Government excels at messing things up and then, in the name of fixing the problem that it created, creating more problems. This at least is how things look from the perspective of someone who desires advancement of liberty, safety, and welfare. For many politicians and special interests, priorities often are otherwise.
The war on drugs has produced an immense growth in the power of government and, along with that, much wealth for individuals— inside and outside government — profiting from the war that continues to be fought despite its decades long and counting record of loss for the drug warriors. There is much profit, along with misery, in this war.
One common defense of the drug war is that something must be done to protect the drug users. If only the flow of drugs can be limited or even stopped, lives can be saved. So the argument goes. But, the reality is that the drug war ends up harming drug users. The harm to drug users, as I explained in an October of 2017 article, includes raising the prices of drugs so drug users are less able to handle other expenses, exposing drug users to threats to safety that come with interactions on the black market, violating drug users’ rights through drug war enforcement, and subjecting drug users to drugs made more unpredictable and dangerous due to prohibition.

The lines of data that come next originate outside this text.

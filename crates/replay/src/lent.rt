//! The slices that are lent to a call to be written.
ghost use Rattle.std.specs.Prelude.{◌<◌, ◌≤◌, ◌^◌, pos, IfOk, vec_len};
ghost use Rattle.std.specs.Int.Signed.{◌<ℤ◌};
ghost use Rattle.replay.specs.Lent.{most_lent};

use crate::case::{Argument, Case, Fault};
use rows::Origin;

// The most elements of a slice that is lent.
const MOST: u64 = 65_536;

// How far from 0 the first element of what is lent lies.
const FIRST: u64 = 0x3000_0000_0000_0001;

// How far element k lies: no two neighbours equally far.
fn distance(k: usize) -> u64
    ensures { (0 < result) × (result < 2 ^ 62) }
{
    FIRST + (k as u64) % 1000 * 3
}

/// What a lent slice holds, so that it can be seen afterwards what the call wrote.
pub trait Element: Copy + PartialEq + Drop {
    /// Element k before the call, which is never 0.
    fn lent(k: usize) -> Self;
}

impl Element for u64 {
    fn lent(k: usize) -> u64
        ensures { 0 < result }
    {
        distance(k)
    }
}

impl Element for i64 {
    fn lent(k: usize) -> i64
        ensures { result <ℤ pos 0 }
    {
        -(distance(k) as i64)
    }
}

impl Element for u8 {
    fn lent(k: usize) -> u8
        ensures { 0 < result }
    {
        1 + (k % 251) as u8
    }
}

impl Element for Origin {
    fn lent(k: usize) -> Origin {
        Origin {
            source: u64::lent(k),
            frame: u64::lent(k),
            flag: u64::lent(k),
            shift: i64::lent(k),
        }
    }
}

/// A slice that is lent, one of the last arguments of a case, which has its length alone.
#[derive(Drop)]
pub struct Room<T>(Vec<T>);

// How long a lent slice is.
fn room_size(case: &mut Case<'_>) -> Result<usize, Fault>
    ensures { IfOk result (λ n. n ≤ most_lent) }
{
    let n: u64 = case.take()?;
    if MOST < n {
        return Err(Fault::Malformed);
    }
    Ok(n as usize)
}

impl<T: Element> Argument for Room<T> {
    fn read(case: &mut Case<'_>) -> Result<Room<T>, Fault>
        ensures { IfOk result (λ room. vec_len room.0 ≤ most_lent) }
    {
        let n = room_size(case)?;
        Ok(Room((0..n).map(|k| T::lent(k)).collect(case.alloc())?))
    }
}

impl<T: Element> Room<T> {
    pub fn lend(&mut self) -> &mut [T] {
        self.0.as_mut_slice()
    }

    /// What it holds after the call.
    pub fn held(&self) -> &[T] {
        self.0.as_slice()
    }

    /// Whether it is as it was lent from element n on.
    pub fn is_kept(&self, n: usize) -> bool {
        self.0
            .iter()
            .enumerate()
            .skip(n)
            .all(|(k, x)| *x == T::lent(k))
    }
}

/// The slices that rows are written over, their words and their shifts.
#[derive(Drop)]
pub struct Rows {
    pub words: Room<u64>,
    pub shifts: Room<i64>,
}

impl Argument for Rows {
    fn read(case: &mut Case<'_>) -> Result<Rows, Fault> {
        let words = case.take()?;
        let shifts = case.take()?;
        Ok(Rows { words, shifts })
    }
}

impl Rows {
    pub fn lend(&mut self) -> (&mut [u64], &mut [i64]) {
        (self.words.lend(), self.shifts.lend())
    }
}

A particular problem for drug users that the drug war exacerbates is overdoses. The way to counter this harm, along with the others, I wrote, is to reverse course — legalize drugs:
What, then, would help ensure that illegal drug users are less likely to experience harmful and even fatal overdoses? Legalization fits that bill. With legalization, people could buy their drugs from established businesses that have a strong interest in maintaining a good reputation, can be sued for fraud and other wrongful acts, receive their drugs through regular supply chains not interrupted by government interdiction efforts, and sell drugs that are of consistent quality and thus have much more predictable effects when consumed.
Overdoses should, thus, be much less frequent after legalization. And, when overdoses do happen, drug users, and any people who are with them at the time of an overdose, should be much more willing to seek medical help given that the government threats of punishments — including arrest, incarceration, and property seizure — for possessing drugs would be gone. This greater inclination to seek help in dealing with overdoses should reduce the damage and fatalities from overdoses.
Unfortunately, instead of legalizing drugs, government is ramping up the drug war in response to overdoses and resulting deaths. One aspect of this ramping up is the prosecution of drug suppliers for the deaths of the people to whom they sold or gave drugs on the black market.
Jacob Sullum, in a new Reason article, provides an illuminating analysis of why this escalation of the drug war, like others before it, is detrimental to the drug users that the drug war is proclaimed to benefit. Key to his analysis is the drug war having made drugs more dangerous. Concluding his article, Sullum advises:
If Americans truly demanded accountability from “those responsible” for drug-related deaths, they would start with the politicians and law enforcement officials who are perversely committed to making drug use as dangerous as possible.
Hear! Hear! Reject the self-serving power expansion embodied in these prosecutions and demand that that the government withdraw from its detrimental war on drugs.